Honestly, for your first setup, I wouldn't worry about it. Those are off brands, so they're not superb quality, but they're more than mine to learn on. Imagine, if learning you dinged your $400 board, you'd be a lot more upset than you would with this setup (not to say I wouldn't be upset dinging any board)

Learn, have fun, and figure out what you want to do with the sport. Then you can buy better equipment suited to your specific needs


----------



## FLuiD (Jul 6, 2009)

Start with posting once instead of multiple times!


----------



## C018Y (Nov 9, 2009)

ya, got in trouble using the back button. I'm also 6' and weigh 195 lbs. I know about anything would be better than the rentals, as long as it works. and nothing breaks, i figure.


----------



## Phenix_Rider (Dec 24, 2008)

C018Y said:


> ya, got in trouble using the back button. I'm also 6' and weigh 195 lbs. I know about anything would be better than the rentals, as long as it works. and nothing breaks, i figure.

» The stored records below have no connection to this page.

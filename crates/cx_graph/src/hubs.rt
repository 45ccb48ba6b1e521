ghost use Rattle.std.specs.Prelude.{◌≡◌, ℕ, ◌<◌, ◌≤◌, ◌+◌, Option, Some, None, length, slice_get, IfOk};
ghost use Rattle.cx_graph.specs.declared.give.Give.{Give as GiveSeen};
ghost use Rattle.std.specs.List.{Contains};
ghost use Rattle.std.specs.List.Sorted.{IsNonDecreasingBy, IsPermutation};
ghost use Rattle.cx_graph.specs.Hubs.{rank_of, IsLast, LastIs};

use crate::give::{Give, group};
use cx_names::NoMemory;

/// What is given, in order of class, key and place.
#[derive(Drop)]
pub struct Hubs {
    pub gives: Vec<Give>,

    ghost rising: { IsNonDecreasingBy rank_of gives.items },
}

impl Hubs {
    /// The hubs of these gives.
    ///
    /// Errors: no memory to sort them.
    pub fn of(gives: Vec<Give>) -> Result<Hubs, NoMemory>
        ensures { IfOk result (λ h. IsPermutation gives.items h.gives.items) }
    {
        let mut sorted = gives;
        sorted.sort_by_key(|g| g.rank())?;
        Ok(Hubs { gives: sorted })
    }

    /// How many gives have a rank below this one.
    fn below(&self, rank: u128) -> usize
        ensures within { result ≤ length self.now.gives.items }
        ensures low { (k : ℕ) (g : GiveSeen) → k < result → slice_get self.now.gives.items k ≡ Some g → rank_of g < rank }
        ensures high { (k : ℕ) (g : GiveSeen) → result ≤ k → slice_get self.now.gives.items k ≡ Some g → rank ≤ rank_of g }
    {
        self.gives.partition_point(|g| g.rank() < rank)
    }

    /// The last give of a class and key whose place is below a bound, if any.
    pub fn last(&self, class: u64, key: u32, bound: u32) -> Option<usize>
        ensures { LastIs self.now.gives.items class key bound result }
    {
        let group = group(class, key);
        let count = self.below(group * 4_294_967_296 + bound as u128);
        if count == 0 {
            return None;
        }
        let last = self.gives[count - 1];
        if last.group() == group {
            Some(count - 1)
        } else {
            None
        }
    }
}
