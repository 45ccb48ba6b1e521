ghost use Rattle.std.specs.Prelude.{◌≡◌, ℕ, ◌<◌, ◌==◌, ◌++◌, ◌∷◌, [], length, IfOk, if◌then◌else◌};
ghost use Rattle.cx_graph.specs.Graph.{next_of};

use cx_names::NoMemory;
use std::alloc::Global;

/// A node: those to which an arc leads from it.
#[derive(Drop)]
pub struct Node {
    pub next: Vec<u32>,
}

/// A graph: its nodes by their numbers.
#[derive(Drop)]
pub struct Graph {
    pub nodes: Vec<Node>,
}

impl Graph {
    /// A graph of so many nodes without an arc.
    ///
    /// Errors: no memory for them.
    pub fn new(alloc: Global, count: usize) -> Result<Graph, NoMemory>
        ensures count { IfOk result (λ g. length g.nodes.items ≡ count) }
        ensures none { IfOk result (λ g. (a : ℕ) → next_of g.nodes.items a ≡ []) }
    {
        let mut nodes = Vec::new(alloc);
        for _node in 0..count {
            nodes.push(Node {
                next: Vec::new(alloc),
            })?;
        }
        Ok(Graph { nodes })
    }

    /// One more arc, from node `a` to node `b`.
    ///
    /// Errors: no memory for it.
    pub fn add(&mut self, a: u32, b: u32) -> Result<(), NoMemory>
        requires { a < length self.old.nodes.items }
        ensures count { IfOk result (λ _. length self.new.nodes.items ≡ length self.old.nodes.items) }
        ensures arcs { IfOk result (λ _. (x : ℕ) → next_of self.new.nodes.items x ≡ next_of self.old.nodes.items x ++ (if a == x then b ∷ [] else [])) }
    {
        self.nodes[a as usize].next.push(b)?;
        Ok(())
    }
}
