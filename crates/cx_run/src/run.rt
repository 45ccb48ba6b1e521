//! Main's list, with the threads that it starts and joins.
ghost use Rattle.std.specs.Prelude.{◌≡◌, true, false, ◌-◌, ◌+◌, ◌<◌, ◌≤◌, ℕ, [], ◌∷◌, ◌++◌, length, vec_len, slice_get, slice_set, Some, None, IfOk, OnOk};
ghost use Rattle.cx_items.specs.declared.form.Form.TheVariants as forms;
ghost use Rattle.cx_items.specs.declared.item.Control.TheVariants as controls;
ghost use Rattle.cx_items.specs.declared.item.Item.TheVariants as items;
ghost use Rattle.cx_history.specs.Views.{listed, recorded_of};
ghost use Rattle.cx_history.specs.Histories.{list_of as list_in};
ghost use Rattle.cx_work.specs.Bodies.{Needs, scene_in};
ghost use Rattle.cx_fronts.specs.Counts.{change_count};
ghost use Rattle.cx_io.specs.Spawning.{Raised};
ghost use Rattle.cx_work.specs.RunNow.{IsRunNow, AreAllNew, AreShared, objects_of_all};
ghost use Rattle.cx_work.specs.Steps.{IsNext, forms_at};
ghost use Rattle.cx_work.specs.Accesses.{AreMadeAs};
ghost use Rattle.cx_run.specs.Runs.{IsBegun, IsTallied, IsControlIn, MayJoin, MayRun, IsOfJob, AreOut, running_at, list_at, tally};
ghost use Rattle.cx_run.specs.Results.{IsRightRun, changes_elsewhere};

use crate::handing::{meet_all, take_all_in};
use crate::place::Place;
use cx_history::{Items, List, Record};
use cx_io::Spawner;
use cx_items::{Control, Form, Item};
use cx_jthread::Thread;
use cx_kinds::Access;
use cx_names::{NoMemory, ThreadNo};
use cx_work::{Ended, Gate, Objects, Passes, Standing, Work, room_for};
use std::alloc::Global;
use std::mem;
use std::sync::{Arc, Wait};
use std::thread::Threads;

/// Main's number.
const MAIN: ThreadNo = ThreadNo(0);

A 154 is kinda short for your size- unless you live in the park. Your feet are going to hang off at both ends. Still, you could do worse for your first setup.


----------



## C018Y (Nov 9, 2009)

I think I'll survive this year but next i'm going to get new bindings and board hopefully something thats better situated for me. I like my boots though. Of course by brother bought burton board with flow bindings and dc boots. I ain't impressed with his boots.


----------